*What this task involves*: Line by line, reproduce the material below exactly.

*Extracted information*:
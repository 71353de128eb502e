// What a lab's limit on positions changes in what the entries answer, and what it does not. specs/ states it, proofs/ proves it. There is
// no code. Uses refusals, phred, settings, methylation, replies, vanilla_caller, duplex_molecule, duplex_outputs, duplex_strands,
// duplex_kind, duplex_reply, duplex_record, source_reads, duplex_consensus, molecule_strand, molecule_consensus, c_record, c_interface and
// ceiling_claims.
#![tactic(auto)]
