// Which record two strands make, from duplex_caller.rs (duplex_consensus): what refuses them, which of them count, and the record's
// length. Uses lists, refusals, methylation and vanilla_caller.
#![tactic(auto)]

ghost use Rattle.std.specs.Prelude.{◌≡◌, is_some};
ghost use Rattle.refusals.specs.Refusal.{refused};
ghost use Rattle.refusals.specs.Outcome.{answer};
ghost use Rattle.duplex_kind.specs.Kind.{any_depth, given, given_of, given_in, count_in, leaving_in, shorter_present, some_depth, kind_by, long, uneven, kind_given};
ghost use Rattle.duplex_kind.specs.Limit.{lengths_of, over_in, length_faults};

use lists::front;
use refusals::{MAX_POSITIONS, MAX_READS, Refusal, refuse};
use vanilla_caller::{Lengths, VanillaConsensusRead, strand_over, strand_ragged, strand_too_long};

// The record's kind, and how many positions it has.
#[derive(Clone, Copy, Debug, PartialEq, Eq)]
pub enum DuplexConsensus {
    // Strand A alone.
    Ab(usize),
    // Strand B alone, stored as the first strand.
    Ba(usize),
    Both(usize),
}

// What is given of a strand: how long its arrays are, and its depths.
#[derive(Clone, Copy)]
pub struct GivenStrand<'a> {
    pub lengths: Lengths,
    pub depths: &'a [u16],
}

// What is given of a list of reads: how many there are, and whether a read's part leaves its buffer.
// `leaving` is row 10's condition and `count` is tested by row 9: neither says whether the other counts.
#[derive(Clone, Copy, Debug, PartialEq, Eq)]
pub struct GivenReads {
    pub count: usize,
    pub leaving: bool,
}

// What is given of a strand that may be absent.
// Inlined, here and in record_kind, for speed (duplex_record).
#[inline(always)]
pub fn given_strand<'a>(s: Option<VanillaConsensusRead<'a>>) -> Option<GivenStrand<'a>>
    ensures { given_in result ≡ given (given_of s.entry) }
{
    s.map(|s| GivenStrand {
        lengths: s.lengths(),
        depths: s.depths,
    })
}

// The length of a record: the shorter of the strands present. A and B are the two operands, as the caller has them.
fn record_length(a: Option<GivenStrand>, b: Option<GivenStrand>) -> usize
    ensures { result ≡ shorter_present (given_in a.entry) (given_in b.entry) }
{
    match (a, b) {
        (Some(a), Some(b)) => a.lengths.bases.min(b.lengths.bases),
        (Some(a), None) => a.lengths.bases,
        (None, Some(b)) => b.lengths.bases,
        (None, None) => 0,
    }
}

// Whether some depth of a block is above 0. Inlined for speed: of a block the compiler then knows how many depths it has.
#[inline(always)]
fn is_block_covered(depths: &[u16]) -> bool
    ensures { result ≡ any_depth depths.now }
{
    // Speed: by `any` 1,024 depths that are all 0 take six times as long.
    depths.iter().fold(false, |met, &depth| met | (0 < depth))
}

// So many depths are one block.
const BLOCK: usize = 32;

// Whether some depth is above 0. In blocks, for speed: a block is looked at whole, and behind the first that has one no other is. The last
// block ends at the last depth, so that it may have depths of the one before.
fn is_covered(depths: &[u16]) -> bool
    ensures { result ≡ some_depth depths.now }
{
    if depths.len() < BLOCK {
        return is_block_covered(depths);
    }
    for block in 0..depths.len() / BLOCK {
        let start = BLOCK * block;
        if is_block_covered(&depths[start..start + BLOCK]) {
            return true;
        }
    }
    is_block_covered(&depths[depths.len() - BLOCK..])
}

// The record's kind, once its strands are known to be of one length each.
fn kind_of(a: Option<GivenStrand>, b: Option<GivenStrand>) -> Option<DuplexConsensus>
    ensures { result ≡ kind_by (given_in a.entry) (given_in b.entry) }
{
    let n = record_length(a, b);
    let a_covered = a.filter(|s| is_covered(front(s.depths, n)));
    let b_covered = b.filter(|s| is_covered(front(s.depths, n)));
    match (a_covered, b_covered) {
        (Some(_), Some(_)) => Some(DuplexConsensus::Both(n)),
        (Some(a), None) => Some(DuplexConsensus::Ab(a.lengths.bases)),
        (None, Some(b)) => Some(DuplexConsensus::Ba(b.lengths.bases)),
        (None, None) => None,
    }
}

// Row 7's condition for a strand that may be absent.
fn is_long(s: Option<GivenStrand>) -> bool
    ensures { result ≡ long (given_in s.entry) }
{
    s.is_some_and(|s| strand_too_long(s.lengths))
}

// Row 8's.
fn is_uneven(s: Option<GivenStrand>) -> bool
    ensures { result ≡ uneven (given_in s.entry) }
{
    s.is_some_and(|s| strand_ragged(s.lengths))
}

// The kind of the record that two strands make, either of which may be absent, and how many positions it has. Refuses by 7, 8, 9, 10.
#[inline(always)]
pub fn record_kind(
    a: Option<GivenStrand>,
    b: Option<GivenStrand>,
    list: Option<GivenReads>,
) -> Result<Option<DuplexConsensus>, Refusal>
    ensures { result ≡ kind_given (given_in a.entry) (given_in b.entry) (is_some list) (count_in list) (leaving_in list) }
{
    refuse(is_long(a) | is_long(b), Refusal::TooLong)?;
    refuse(is_uneven(a) | is_uneven(b), Refusal::Ragged)?;
    if let Some(list) = list {
        refuse(MAX_READS < list.count, Refusal::TooManyReads)?;
        refuse(list.leaving, Refusal::PartOutside)?;
    }
    Ok(kind_of(a, b))
}

// The lengths of a strand that may be absent.
// Inlined, here and below, for speed (duplex_record).
#[inline(always)]
pub fn strand_lengths(s: Option<VanillaConsensusRead>) -> Option<Lengths>
    ensures { result ≡ lengths_of (given_of s.entry) }
{
    s.map(|s| s.lengths())
}

// Whether some array of a strand that is there has over so many positions.
#[inline(always)]
fn is_over(limit: usize, s: Option<Lengths>) -> bool
    ensures { result ≡ over_in limit s }
{
    s.is_some_and(|s| strand_over(limit, s))
}

// What a call by a lab's limit tests of two strands before it makes a record: of their lengths alone. Refuses by 7, 19.
#[inline(always)]
pub fn limit_refusal(limit: u16, a: Option<Lengths>, b: Option<Lengths>) -> Result<(), Refusal>
    ensures { result ≡ answer (refused (length_faults limit a b)) tt }
{
    let limit = usize::from(limit);
    refuse(
        is_over(MAX_POSITIONS, a) | is_over(MAX_POSITIONS, b),
        Refusal::TooLong,
    )?;
    refuse(is_over(limit, a) | is_over(limit, b), Refusal::OverLimit)
}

*Result*:
repository 71353de128eb502e
// What a lab's limit on positions changes in what the entries answer, and what it does not. specs/ states it, proofs/ proves it. There is
// no code. Uses refusals, phred, settings, methylation, replies, vanilla_caller, duplex_molecule, duplex_outputs, duplex_strands,
// duplex_kind, duplex_reply, duplex_record, source_reads, duplex_consensus, molecule_strand, molecule_consensus, c_record, c_interface and
// ceiling_claims.
#![tactic(auto)]
// Which record two strands make, from duplex_caller.rs (duplex_consensus): what refuses them, which of them count, and the record's
// length. Uses lists, refusals, methylation and vanilla_caller.
#![tactic(auto)]

ghost use Rattle.std.specs.Prelude.{◌≡◌, is_some};
ghost use Rattle.refusals.specs.Refusal.{refused};
ghost use Rattle.refusals.specs.Outcome.{answer};
ghost use Rattle.duplex_kind.specs.Kind.{any_depth, given, given_of, given_in, count_in, leaving_in, shorter_present, some_depth, kind_by, long, uneven, kind_given};
ghost use Rattle.duplex_kind.specs.Limit.{lengths_of, over_in, length_faults};

use lists::front;
use refusals::{MAX_POSITIONS, MAX_READS, Refusal, refuse};
use vanilla_caller::{Lengths, VanillaConsensusRead, strand_over, strand_ragged, strand_too_long};

// The record's kind, and how many positions it has.
#[derive(Clone, Copy, Debug, PartialEq, Eq)]
pub enum DuplexConsensus {
    // Strand A alone.
    Ab(usize),
    // Strand B alone, stored as the first strand.
    Ba(usize),
    Both(usize),
}

// What is given of a strand: how long its arrays are, and its depths.
#[derive(Clone, Copy)]
pub struct GivenStrand<'a> {
    pub lengths: Lengths,
    pub depths: &'a [u16],
}

// What is given of a list of reads: how many there are, and whether a read's part leaves its buffer.
// `leaving` is row 10's condition and `count` is tested by row 9: neither says whether the other counts.
#[derive(Clone, Copy, Debug, PartialEq, Eq)]
pub struct GivenReads {
    pub count: usize,
    pub leaving: bool,
}

// What is given of a strand that may be absent.
// Inlined, here and in record_kind, for speed (duplex_record).
#[inline(always)]
pub fn given_strand<'a>(s: Option<VanillaConsensusRead<'a>>) -> Option<GivenStrand<'a>>
    ensures { given_in result ≡ given (given_of s.entry) }
{
    s.map(|s| GivenStrand {
        lengths: s.lengths(),
        depths: s.depths,
    })
}

// The length of a record: the shorter of the strands present. A and B are the two operands, as the caller has them.
fn record_length(a: Option<GivenStrand>, b: Option<GivenStrand>) -> usize
    ensures { result ≡ shorter_present (given_in a.entry) (given_in b.entry) }
{
    match (a, b) {
        (Some(a), Some(b)) => a.lengths.bases.min(b.lengths.bases),
        (Some(a), None) => a.lengths.bases,
        (None, Some(b)) => b.lengths.bases,
        (None, None) => 0,
    }
}

// Whether some depth of a block is above 0. Inlined for speed: of a block the compiler then knows how many depths it has.
#[inline(always)]
fn is_block_covered(depths: &[u16]) -> bool
    ensures { result ≡ any_depth depths.now }
{
    // Speed: by `any` 1,024 depths that are all 0 take six times as long.
    depths.iter().fold(false, |met, &depth| met | (0 < depth))
}

// So many depths are one block.
const BLOCK: usize = 32;

// Whether some depth is above 0. In blocks, for speed: a block is looked at whole, and behind the first that has one no other is. The last
// block ends at the last depth, so that it may have depths of the one before.
fn is_covered(depths: &[u16]) -> bool
    ensures { result ≡ some_depth depths.now }
{
    if depths.len() < BLOCK {
        return is_block_covered(depths);
    }
    for block in 0..depths.len() / BLOCK {
        let start = BLOCK * block;
        if is_block_covered(&depths[start..start + BLOCK]) {
            return true;
        }
    }
    is_block_covered(&depths[depths.len() - BLOCK..])
}

// The record's kind, once its strands are known to be of one length each.
fn kind_of(a: Option<GivenStrand>, b: Option<GivenStrand>) -> Option<DuplexConsensus>
    ensures { result ≡ kind_by (given_in a.entry) (given_in b.entry) }
{
    let n = record_length(a, b);
    let a_covered = a.filter(|s| is_covered(front(s.depths, n)));
    let b_covered = b.filter(|s| is_covered(front(s.depths, n)));
    match (a_covered, b_covered) {
        (Some(_), Some(_)) => Some(DuplexConsensus::Both(n)),
        (Some(a), None) => Some(DuplexConsensus::Ab(a.lengths.bases)),
        (None, Some(b)) => Some(DuplexConsensus::Ba(b.lengths.bases)),
        (None, None) => None,
    }
}

// Row 7's condition for a strand that may be absent.
fn is_long(s: Option<GivenStrand>) -> bool
    ensures { result ≡ long (given_in s.entry) }
{
    s.is_some_and(|s| strand_too_long(s.lengths))
}

// Row 8's.
fn is_uneven(s: Option<GivenStrand>) -> bool
    ensures { result ≡ uneven (given_in s.entry) }
{
    s.is_some_and(|s| strand_ragged(s.lengths))
}

// The kind of the record that two strands make, either of which may be absent, and how many positions it has. Refuses by 7, 8, 9, 10.
#[inline(always)]
pub fn record_kind(
    a: Option<GivenStrand>,
    b: Option<GivenStrand>,
    list: Option<GivenReads>,
) -> Result<Option<DuplexConsensus>, Refusal>
    ensures { result ≡ kind_given (given_in a.entry) (given_in b.entry) (is_some list) (count_in list) (leaving_in list) }
{
    refuse(is_long(a) | is_long(b), Refusal::TooLong)?;
    refuse(is_uneven(a) | is_uneven(b), Refusal::Ragged)?;
    if let Some(list) = list {
        refuse(MAX_READS < list.count, Refusal::TooManyReads)?;
        refuse(list.leaving, Refusal::PartOutside)?;
    }
    Ok(kind_of(a, b))
}

// The lengths of a strand that may be absent.
// Inlined, here and below, for speed (duplex_record).
#[inline(always)]
pub fn strand_lengths(s: Option<VanillaConsensusRead>) -> Option<Lengths>
    ensures { result ≡ lengths_of (given_of s.entry) }
{
    s.map(|s| s.lengths())
}

// Whether some array of a strand that is there has over so many positions.
#[inline(always)]
fn is_over(limit: usize, s: Option<Lengths>) -> bool
    ensures { result ≡ over_in limit s }
{
    s.is_some_and(|s| strand_over(limit, s))
}

// What a call by a lab's limit tests of two strands before it makes a record: of their lengths alone. Refuses by 7, 19.
#[inline(always)]
pub fn limit_refusal(limit: u16, a: Option<Lengths>, b: Option<Lengths>) -> Result<(), Refusal>
    ensures { result ≡ answer (refused (length_faults limit a b)) tt }
{
    let limit = usize::from(limit);
    refuse(
        is_over(MAX_POSITIONS, a) | is_over(MAX_POSITIONS, b),
        Refusal::TooLong,
    )?;
    refuse(is_over(limit, a) | is_over(limit, b), Refusal::OverLimit)
}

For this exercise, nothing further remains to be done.